A Jailor has three bullets and he has four prisoners
The three of them are standing on the stairs one on first staircase second on second and the third on third& the fourth prisoner is made to sit in a closed room with no windows in proper security Jailor make the prisoners wear a cap,two of red colour & two of white He gave them a cap each No body knows about the colour of their cap neither can they see it
He declares that in his count for three if anyone of them will tell
the colour of his cap,he will spare him
You have to simply find that who is that lucky guy ???


i assume that the jailor will spare only the person who tells the colour of the cap first if he is right. also there is something worse than death to dissuade people from making false calls. and lastly that the lucky person is eager to get the ordeal over and if somebody knows the colour of his cap he will speak up immediately.

now under these assumptions:
the fourth person is helpless as he cannot see anything and due to the symmetry the replies do not give him any extra indicatons.

the third person sees two caps and if they are the same colour he speaks up immediately. now even the second person knows the colour of his cap as it is the same as the colour of the first persons cap, but unfortunately the lucky berth is gone.

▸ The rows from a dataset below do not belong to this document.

ghost use Rattle.std.specs.Prelude.{◌≡◌, ℕ, ◌≤◌, ◌++◌, IfOk, List, OnOk, length, map, replicate, slice_index, take};
ghost use Rattle.reshard_planner.specs.Sums.{sum_below};
ghost use Rattle.reshard_planner.specs.Starts.{AreSlotsOf};
ghost use Rattle.reshard_planner.specs.Transfers.{slots_given, transfers_between, nodes_taking, transfers};

use crate::held::PerNode;
use crate::slot_list::{SlotList, slots_by_node};
use crate::transfer::Transfer;
use byte_texts::Memory;
use key_slots::{NodeId, OwnerTable, Slot};
use std::alloc::Global;

/// Which slots go from which node to which, where each node gives and takes so many.
pub(crate) fn transfers(
    alloc: Global,
    owners: &OwnerTable,
    gives: &PerNode,
    takes: &PerNode,
) -> Result<Vec<Transfer>, Memory>
    ensures { IfOk result (λ v. v.items ≡ transfers owners.now.owners (λ node. slice_index gives.now node)
        (λ node. slice_index takes.now node) owners.now.nodes) }
{
    let nodes = owners.nodes();
    let lists = slots_by_node(alloc, owners)?;
    let slots_given = slots_given(alloc, lists.as_slice(), gives, nodes)?;
    let targets = nodes_taking(alloc, takes, nodes)?;
    transfers_between(alloc, slots_given.as_slice(), targets.as_slice())
}

/// The slots that are given and the nodes that take them, in order.
fn transfers_between(
    alloc: Global,
    slots_given: &[(Slot, NodeId)],
    targets: &[NodeId],
) -> Result<Vec<Transfer>, Memory>
    ensures { IfOk result (λ v. v.items ≡ transfers_between slots_given.now targets.now) }
{
    let mut transfers = Vec::new(alloc);
    for place in 0..slots_given.len().min(targets.len()) {
        let (slot, source) = slots_given[place];
        transfers.push(Transfer {
            slot,
            source,
            target: targets[place],
        })?;
    }
    Ok(transfers)
}

/// The slots that are given, each with its node: the lowest ones of each node.
fn slots_given(
    alloc: Global,
    lists: &[SlotList],
    gives: &PerNode,
    nodes: u8,
) -> Result<Vec<(Slot, NodeId)>, Memory>
    requires lists { length lists.now ≡ nodes }
    ensures { (owners : List ℕ) → AreSlotsOf nodes owners lists.now
        → IfOk result (λ v. v.items ≡ slots_given owners (λ node. slice_index gives.now node) nodes) }
{
    let mut slots_given = Vec::new(alloc);
    for node in 0..nodes {
        let slots = lists[usize::from(node)].lowest(gives[usize::from(node)]);
        give(&mut slots_given, slots, NodeId::of(node))?;
    }
    Ok(slots_given)
}

/// Puts the node's slots at the end.
fn give(slots_given: &mut Vec<(Slot, NodeId)>, slots: &[Slot], node: NodeId) -> Result<(), Memory>
    ensures { OnOk result (slots_given.new.items ≡ slots_given.old.items ++ map (λ s. (s, node)) slots.now) }
{
    for slot in slots {
        slots_given.push((*slot, node))?;
    }
    Ok(())
}

/// The nodes that take slots, each as many times as it takes one.
fn nodes_taking(alloc: Global, takes: &PerNode, nodes: u8) -> Result<Vec<NodeId>, Memory>
    ensures { IfOk result (λ v. v.items ≡ nodes_taking (λ node. slice_index takes.now node) nodes) }
{
    let mut targets = Vec::new(alloc);
    for node in 0..nodes {
        list(&mut targets, NodeId::of(node), takes[usize::from(node)])?;
    }
    Ok(targets)
}

/// Puts the node at the end, so many times.
fn list(targets: &mut Vec<NodeId>, node: NodeId, times: usize) -> Result<(), Memory>
    ensures { OnOk result (targets.new.items ≡ targets.old.items ++ replicate times node) }
{
    for _ in 0..times {
        targets.push(node)?;
    }
    Ok(())
}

if the first two are wearing different coloured caps the third is helpless and hence doesnot speak up. now the second person can infer the colour of his cap from the colour of the cap worn by the first person and speaks up and is spared.

so depending on the colours of the first two caps either the second or the third person is spared. now to determine the lucky guy we need the probablity of the first two guys getting a cap of the same colour which is 1/3, where as that they get different colour has 2/3 probablity and so the 2nd person could be called the luckiest if you wish!!